Would you retype the records below exactly as they appear?

Dataset entries:

════

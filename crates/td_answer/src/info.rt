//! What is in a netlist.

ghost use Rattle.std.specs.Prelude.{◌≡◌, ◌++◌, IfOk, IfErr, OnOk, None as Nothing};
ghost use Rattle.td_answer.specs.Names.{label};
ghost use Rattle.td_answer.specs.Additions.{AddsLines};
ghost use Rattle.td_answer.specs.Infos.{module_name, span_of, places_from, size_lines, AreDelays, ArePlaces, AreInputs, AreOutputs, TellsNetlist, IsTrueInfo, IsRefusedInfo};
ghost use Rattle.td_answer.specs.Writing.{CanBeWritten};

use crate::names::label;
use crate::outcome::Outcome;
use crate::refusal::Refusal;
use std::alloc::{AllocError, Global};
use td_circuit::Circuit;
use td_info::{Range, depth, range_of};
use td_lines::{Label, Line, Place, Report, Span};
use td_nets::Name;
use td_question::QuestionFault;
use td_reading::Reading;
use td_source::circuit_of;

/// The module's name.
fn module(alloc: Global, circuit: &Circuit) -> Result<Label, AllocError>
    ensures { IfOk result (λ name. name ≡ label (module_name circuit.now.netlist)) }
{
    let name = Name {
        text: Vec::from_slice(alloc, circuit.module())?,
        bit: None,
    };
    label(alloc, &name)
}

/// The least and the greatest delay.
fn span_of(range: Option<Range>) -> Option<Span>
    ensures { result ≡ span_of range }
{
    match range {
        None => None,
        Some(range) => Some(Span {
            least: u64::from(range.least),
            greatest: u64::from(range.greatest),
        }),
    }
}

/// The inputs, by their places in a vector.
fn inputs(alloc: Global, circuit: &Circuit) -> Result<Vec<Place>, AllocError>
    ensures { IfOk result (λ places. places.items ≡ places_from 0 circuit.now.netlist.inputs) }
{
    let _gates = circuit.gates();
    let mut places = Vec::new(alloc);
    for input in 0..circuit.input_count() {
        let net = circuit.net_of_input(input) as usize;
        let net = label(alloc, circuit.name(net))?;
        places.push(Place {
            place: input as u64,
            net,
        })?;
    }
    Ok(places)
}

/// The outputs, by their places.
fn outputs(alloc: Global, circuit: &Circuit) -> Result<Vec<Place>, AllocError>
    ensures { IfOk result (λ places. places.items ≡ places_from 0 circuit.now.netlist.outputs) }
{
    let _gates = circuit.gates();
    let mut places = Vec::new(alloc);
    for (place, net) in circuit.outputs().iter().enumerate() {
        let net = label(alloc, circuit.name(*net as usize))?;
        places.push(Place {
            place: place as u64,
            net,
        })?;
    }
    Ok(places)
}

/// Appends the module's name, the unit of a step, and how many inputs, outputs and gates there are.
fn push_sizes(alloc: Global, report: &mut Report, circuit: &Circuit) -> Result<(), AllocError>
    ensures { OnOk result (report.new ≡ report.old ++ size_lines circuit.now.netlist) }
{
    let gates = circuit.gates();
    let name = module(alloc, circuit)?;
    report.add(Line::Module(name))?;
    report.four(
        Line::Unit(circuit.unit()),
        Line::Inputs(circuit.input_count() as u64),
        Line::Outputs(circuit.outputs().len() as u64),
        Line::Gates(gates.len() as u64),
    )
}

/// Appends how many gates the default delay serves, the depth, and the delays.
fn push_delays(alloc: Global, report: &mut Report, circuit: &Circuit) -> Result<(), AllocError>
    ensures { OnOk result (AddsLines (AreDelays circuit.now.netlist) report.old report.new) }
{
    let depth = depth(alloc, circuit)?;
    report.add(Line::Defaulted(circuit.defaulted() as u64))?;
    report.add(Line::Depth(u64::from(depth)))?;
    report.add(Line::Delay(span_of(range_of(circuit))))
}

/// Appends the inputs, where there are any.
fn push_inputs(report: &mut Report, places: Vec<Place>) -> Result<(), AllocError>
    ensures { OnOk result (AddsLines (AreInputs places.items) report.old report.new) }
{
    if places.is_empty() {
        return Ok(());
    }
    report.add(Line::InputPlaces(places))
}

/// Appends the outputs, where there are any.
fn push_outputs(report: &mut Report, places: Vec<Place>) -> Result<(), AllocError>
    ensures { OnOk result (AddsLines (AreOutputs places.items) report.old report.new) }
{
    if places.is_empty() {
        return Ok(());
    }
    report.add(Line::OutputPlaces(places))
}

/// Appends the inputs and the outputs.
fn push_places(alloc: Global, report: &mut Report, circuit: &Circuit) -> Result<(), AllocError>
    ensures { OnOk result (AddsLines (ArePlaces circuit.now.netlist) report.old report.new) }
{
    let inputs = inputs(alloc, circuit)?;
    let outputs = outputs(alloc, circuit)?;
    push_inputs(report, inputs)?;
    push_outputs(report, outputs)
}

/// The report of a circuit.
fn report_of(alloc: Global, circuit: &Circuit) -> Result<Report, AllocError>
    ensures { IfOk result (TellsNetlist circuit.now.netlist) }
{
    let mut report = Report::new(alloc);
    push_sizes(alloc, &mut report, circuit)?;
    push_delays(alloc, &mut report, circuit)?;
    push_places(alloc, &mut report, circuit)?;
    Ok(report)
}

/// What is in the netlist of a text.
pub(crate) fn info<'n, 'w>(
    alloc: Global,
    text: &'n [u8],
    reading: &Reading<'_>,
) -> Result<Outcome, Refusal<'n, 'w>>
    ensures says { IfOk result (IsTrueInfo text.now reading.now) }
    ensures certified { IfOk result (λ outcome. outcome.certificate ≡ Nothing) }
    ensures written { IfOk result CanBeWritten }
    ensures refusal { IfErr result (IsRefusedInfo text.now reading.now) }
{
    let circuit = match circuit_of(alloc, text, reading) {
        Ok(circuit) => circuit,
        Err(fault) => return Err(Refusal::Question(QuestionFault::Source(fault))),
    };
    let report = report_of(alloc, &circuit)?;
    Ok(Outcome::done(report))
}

════

### [Result]
filename crates/td_answer/src/info.rt
//! What is in a netlist.

ghost use Rattle.std.specs.Prelude.{◌≡◌, ◌++◌, IfOk, IfErr, OnOk, None as Nothing};
ghost use Rattle.td_answer.specs.Names.{label};
ghost use Rattle.td_answer.specs.Additions.{AddsLines};
ghost use Rattle.td_answer.specs.Infos.{module_name, span_of, places_from, size_lines, AreDelays, ArePlaces, AreInputs, AreOutputs, TellsNetlist, IsTrueInfo, IsRefusedInfo};
ghost use Rattle.td_answer.specs.Writing.{CanBeWritten};

use crate::names::label;
use crate::outcome::Outcome;
use crate::refusal::Refusal;
use std::alloc::{AllocError, Global};
use td_circuit::Circuit;
use td_info::{Range, depth, range_of};
use td_lines::{Label, Line, Place, Report, Span};
use td_nets::Name;
use td_question::QuestionFault;
use td_reading::Reading;
use td_source::circuit_of;

/// The module's name.
fn module(alloc: Global, circuit: &Circuit) -> Result<Label, AllocError>
    ensures { IfOk result (λ name. name ≡ label (module_name circuit.now.netlist)) }
{
    let name = Name {
        text: Vec::from_slice(alloc, circuit.module())?,
        bit: None,
    };
    label(alloc, &name)
}

/// The least and the greatest delay.
fn span_of(range: Option<Range>) -> Option<Span>
    ensures { result ≡ span_of range }
{
    match range {
        None => None,
        Some(range) => Some(Span {
            least: u64::from(range.least),
            greatest: u64::from(range.greatest),
        }),
    }
}

/// The inputs, by their places in a vector.
fn inputs(alloc: Global, circuit: &Circuit) -> Result<Vec<Place>, AllocError>
    ensures { IfOk result (λ places. places.items ≡ places_from 0 circuit.now.netlist.inputs) }
{
    let _gates = circuit.gates();
    let mut places = Vec::new(alloc);
    for input in 0..circuit.input_count() {
        let net = circuit.net_of_input(input) as usize;
        let net = label(alloc, circuit.name(net))?;
        places.push(Place {
            place: input as u64,
            net,
        })?;
    }
    Ok(places)
}

/// The outputs, by their places.
fn outputs(alloc: Global, circuit: &Circuit) -> Result<Vec<Place>, AllocError>
    ensures { IfOk result (λ places. places.items ≡ places_from 0 circuit.now.netlist.outputs) }
{
    let _gates = circuit.gates();
    let mut places = Vec::new(alloc);
    for (place, net) in circuit.outputs().iter().enumerate() {
        let net = label(alloc, circuit.name(*net as usize))?;
        places.push(Place {
            place: place as u64,
            net,
        })?;
    }
    Ok(places)
}

/// Appends the module's name, the unit of a step, and how many inputs, outputs and gates there are.
fn push_sizes(alloc: Global, report: &mut Report, circuit: &Circuit) -> Result<(), AllocError>
    ensures { OnOk result (report.new ≡ report.old ++ size_lines circuit.now.netlist) }
{
    let gates = circuit.gates();
    let name = module(alloc, circuit)?;
    report.add(Line::Module(name))?;
    report.four(
        Line::Unit(circuit.unit()),
        Line::Inputs(circuit.input_count() as u64),
        Line::Outputs(circuit.outputs().len() as u64),
        Line::Gates(gates.len() as u64),
    )
}

/// Appends how many gates the default delay serves, the depth, and the delays.
fn push_delays(alloc: Global, report: &mut Report, circuit: &Circuit) -> Result<(), AllocError>
    ensures { OnOk result (AddsLines (AreDelays circuit.now.netlist) report.old report.new) }
{
    let depth = depth(alloc, circuit)?;
    report.add(Line::Defaulted(circuit.defaulted() as u64))?;
    report.add(Line::Depth(u64::from(depth)))?;
    report.add(Line::Delay(span_of(range_of(circuit))))
}

/// Appends the inputs, where there are any.
fn push_inputs(report: &mut Report, places: Vec<Place>) -> Result<(), AllocError>
    ensures { OnOk result (AddsLines (AreInputs places.items) report.old report.new) }
{
    if places.is_empty() {
        return Ok(());
    }
    report.add(Line::InputPlaces(places))
}

/// Appends the outputs, where there are any.
fn push_outputs(report: &mut Report, places: Vec<Place>) -> Result<(), AllocError>
    ensures { OnOk result (AddsLines (AreOutputs places.items) report.old report.new) }
{
    if places.is_empty() {
        return Ok(());
    }
    report.add(Line::OutputPlaces(places))
}

/// Appends the inputs and the outputs.
fn push_places(alloc: Global, report: &mut Report, circuit: &Circuit) -> Result<(), AllocError>
    ensures { OnOk result (AddsLines (ArePlaces circuit.now.netlist) report.old report.new) }
{
    let inputs = inputs(alloc, circuit)?;
    let outputs = outputs(alloc, circuit)?;
    push_inputs(report, inputs)?;
    push_outputs(report, outputs)
}

/// The report of a circuit.
fn report_of(alloc: Global, circuit: &Circuit) -> Result<Report, AllocError>
    ensures { IfOk result (TellsNetlist circuit.now.netlist) }
{
    let mut report = Report::new(alloc);
    push_sizes(alloc, &mut report, circuit)?;
    push_delays(alloc, &mut report, circuit)?;
    push_places(alloc, &mut report, circuit)?;
    Ok(report)
}

/// What is in the netlist of a text.
pub(crate) fn info<'n, 'w>(
    alloc: Global,
    text: &'n [u8],
    reading: &Reading<'_>,
) -> Result<Outcome, Refusal<'n, 'w>>
    ensures says { IfOk result (IsTrueInfo text.now reading.now) }
    ensures certified { IfOk result (λ outcome. outcome.certificate ≡ Nothing) }
    ensures written { IfOk result CanBeWritten }
    ensures refusal { IfErr result (IsRefusedInfo text.now reading.now) }
{
    let circuit = match circuit_of(alloc, text, reading) {
        Ok(circuit) => circuit,
        Err(fault) => return Err(Refusal::Question(QuestionFault::Source(fault))),
    };
    let report = report_of(alloc, &circuit)?;
    Ok(Outcome::done(report))
}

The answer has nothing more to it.